ComfyUI Image & Video Generation

Other

Generate images and videos via ComfyUI on local GPU. Supports Flux text-to-image, Wan2.1 text-to-video, and image-to-video.

Install

openclaw skills install comfyui-image-video

ComfyUI — Image & Video Generation

Use to generate images (Flux schnell) and videos (Wan2.1 T2V/I2V) on the local RTX 5080 GPU.

Environment

  • ComfyUI: ~/ComfyUI (systemd user service: comfyui.service)
  • Python venv: ~/comfyui-venv
  • API: http://127.0.0.1:8188
  • Output: ~/ComfyUI/output/

Script

{baseDir}/scripts/generate.py <mode> [options]

Mode: image — Text-to-Image (Flux schnell)

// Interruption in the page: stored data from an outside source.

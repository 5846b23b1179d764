// A charge line has a number; a shared line has a pool and weights besides.
ghost use Rattle.std.specs.Prelude.{◌≡◌, ℕ, ◌<◌, ◌≤◌, List, map, length, ℤ, None, MatchResult};
ghost use Rattle.rules.specs.declared.sharing.TheConstants.{MOST_WEIGHTS};
ghost use Rattle.measures.specs.Faults.{fault, on_charge_line};
ghost use Rattle.measures.specs.declared.fault.Cause.TheVariants.{SharingLimits};
ghost use Rattle.measures.specs.declared.fault.Layer.TheVariants.{Share};
ghost use Rattle.lines.specs.Shared.{LineChecked, LineShared};

use arrayvec::ArrayVec;
use measures::amounts::{Cents, WeightUnit};
use measures::fault::{Cause, Fault, Layer};
use rules::sharing::{MOST_WEIGHTS, Sharing, check_shareable};

pub trait ChargeLine {
    const NUMBER: u8;

    // The line's number, for clauses in generic code, which cannot name the constant.
    ghost number: { ℕ };

    fn line_number() -> u8
        ensures { result ≡ number };
}

pub trait SharedLine: ChargeLine {
    // The unit in which the line's weights are counted.
    type Weight: WeightUnit;

    ghost pool: { Self → ℤ };

    ghost weights: { Self → List Self.Weight };

    fn pool(&self) -> Cents
        ensures { result.0 ≡ pool self.now };

    fn weights(&self) -> &[Self::Weight]
        ensures { result.now ≡ weights self.now };
}

// The refusal of a line with another number of weights than can be shared by.
pub fn wrong_count(number: u8) -> Fault
    ensures { result ≡ on_charge_line number (fault SharingLimits Share None) }
{
    Fault::new(Cause::SharingLimits, Layer::Share, None).on_charge_line(number)
}

// Refuses a line that has more weights than a pool is shared by. Apart from `units_of`, as a list that is answered in a
// result is moved once more.
fn check_count<L: SharedLine>(line: &L) -> Result<(), Fault>
    ensures { MatchResult result (λ _. length (L.SharedLine.weights line.now) ≤ MOST_WEIGHTS) (λ f. (MOST_WEIGHTS < length (L.SharedLine.weights line.now)) × (f ≡ on_charge_line L.ChargeLine.number (fault SharingLimits Share None))) }
{
    if line.weights().len() > MOST_WEIGHTS {
        return Err(wrong_count(L::line_number()));
    }
    Ok(())
}

// The numbers of units of the line's weights.
fn units_of<L: SharedLine>(line: &L) -> ArrayVec<i64, MOST_WEIGHTS>
    requires { length (L.SharedLine.weights line.now) ≤ MOST_WEIGHTS }
    ensures { result.items ≡ map L.Weight.WeightUnit.units (L.SharedLine.weights line.now) }
{
    // A loop, since by `extend` of a `map` the proof did not close.
    let weights = line.weights();
    let mut units = ArrayVec::new();
    for weight in weights {
        units.push(weight.units());
    }
    units
}

// Whether the line's pool can be shared by its weights over so many places; else the refusal.
pub fn check_line<L: SharedLine>(line: &L, places: usize) -> Result<(), Fault>
    ensures { LineChecked L.ChargeLine.number (L.SharedLine.pool line.now) (map L.Weight.WeightUnit.units (L.SharedLine.weights line.now)) places result }
{
    check_count(line)?;
    let units = units_of(line);
    let pool = line.pool();
    check_shareable(pool, &units, places).map_err(|fault| fault.on_charge_line(L::line_number()))?;
    Ok(())
}

// Shares the line's pool by its weights into the list handed over, or refuses and leaves it as it was.
pub fn share_line<L: SharedLine, H: Sharing>(
    line: &L,
    rule: &H,
    to: &mut [Cents],
) -> Result<(), Fault>
    ensures { LineShared (H.Sharing.shares rule.now) L.ChargeLine.number (L.SharedLine.pool line.now) (map L.Weight.WeightUnit.units (L.SharedLine.weights line.now)) to.old to.new result }
{
    check_count(line)?;
    let units = units_of(line);
    rule.share(line.pool(), &units, to)
        .map_err(|refusal| refusal.on_charge_line(L::line_number()))?;
    // What `map_err` answers is not handed on as it is: the proof of that did not close.
    Ok(())
}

{baseDir}/scripts/generate.py image \
  --prompt "A cat on the moon" \
  --output /tmp/output.png
OptionDefaultDescription
--prompt(required)Text prompt
--negative""Negative prompt
--width1024Image width
--height1024Image height
--steps4Sampling steps (schnell optimized)
--seedrandomReproducible seed
--outputComfyUI output dirCopy output here
--modelflux1-schnell.safetensorsUNET filename
--weight-dtypefp8_e4m3fnWeight quantization
--wait120Max wait seconds

Recommended Flux schnell params: steps=4, cfg=1.0, sampler=euler, scheduler=simple

Mode: t2v — Text-to-Video (Wan2.1 T2V-1.3B)

{baseDir}/scripts/generate.py t2v \
  --prompt "A red sports car driving on a mountain road at sunset" \
  --length 49 \
  --output /tmp/video_frames/
OptionDefaultDescription
--prompt(required)Text prompt
--negative""Negative prompt
--width832Frame width
--height480Frame height
--length49Number of frames (≈3s at 16fps)
--steps20Sampling steps
--seedrandomReproducible seed
--outputComfyUI output dirCopy frames here
--wait300Max wait seconds

Recommended Wan2.1 T2V params: steps=20, cfg=5.0, sampler=uni_pc_bh2, scheduler=simple

Mode: i2v — Image-to-Video (Wan2.1 I2V using T2V-1.3B)

{baseDir}/scripts/generate.py i2v \
  --prompt "gentle wave motion, water flowing" \
  --image /path/to/input.png \
  --output /tmp/video_frames/
OptionDefaultDescription
--prompt(required)Motion description
--image(required)Path to input image
--length49Number of frames
--steps20Sampling steps
--seedrandomReproducible seed
--outputComfyUI output dirCopy frames here
--wait300Max wait seconds

Server Management

# Start (systemd user service)
systemctl --user start comfyui.service

# Check status
systemctl --user status comfyui.service

# Check API
curl -s http://127.0.0.1:8188/system_stats | python3 -m json.tool

# Manual start (if systemd not available)
cd ~/ComfyUI && LD_LIBRARY_PATH=~/comfyui-venv/lib/python3.12/site-packages/nvidia/cuda_runtime/lib:$LD_LIBRARY_PATH ~/comfyui-venv/bin/python main.py --listen 127.0.0.1 --port 8188

Installed Models

Image (Flux)

FileLocationSize
flux1-schnell.safetensorsmodels/unet/23.8GB
ae.safetensorsmodels/vae/335MB
clip_l.safetensorsmodels/clip/250MB
t5xxl_fp16.safetensorsmodels/clip/9.8GB

Video (Wan2.1)

FileLocationSize
wan2.1_t2v_1.3B_bf16.safetensorsmodels/diffusion_models/5.3GB
wan2.1_vae.pthmodels/vae/485MB
umt5_xxl_fp8_e4m3fn_scaled.safetensorsmodels/text_encoders/6.1GB
open_clip_xlm_roberta_large_vit_huge_14.pthmodels/clip/4.5GB (for I2V)

Workflow

  1. Check ComfyUI status (curl http://127.0.0.1:8188/system_stats).
  2. Start if needed (systemctl --user start comfyui.service).
  3. Call generate.py with appropriate mode and options.
  4. Return output image/frames to user; offer xdg-open to view.
  5. For video: frames are individual PNGs; optionally combine into MP4 with imageio.

Troubleshooting

  • libcudart.so not found: set LD_LIBRARY_PATH with nvidia/cuda_runtime/lib.
  • OOM on 16GB VRAM: reduce resolution or use lower --length for video.
  • Video generation slow: T2V-1.3B 49 frames ≈ 2-3 minutes on RTX 5080.
  • Server won't start: pkill -f "main.py" for stale processes.
  • All models downloaded from ModelScope (domestic) — HuggingFace inaccessible.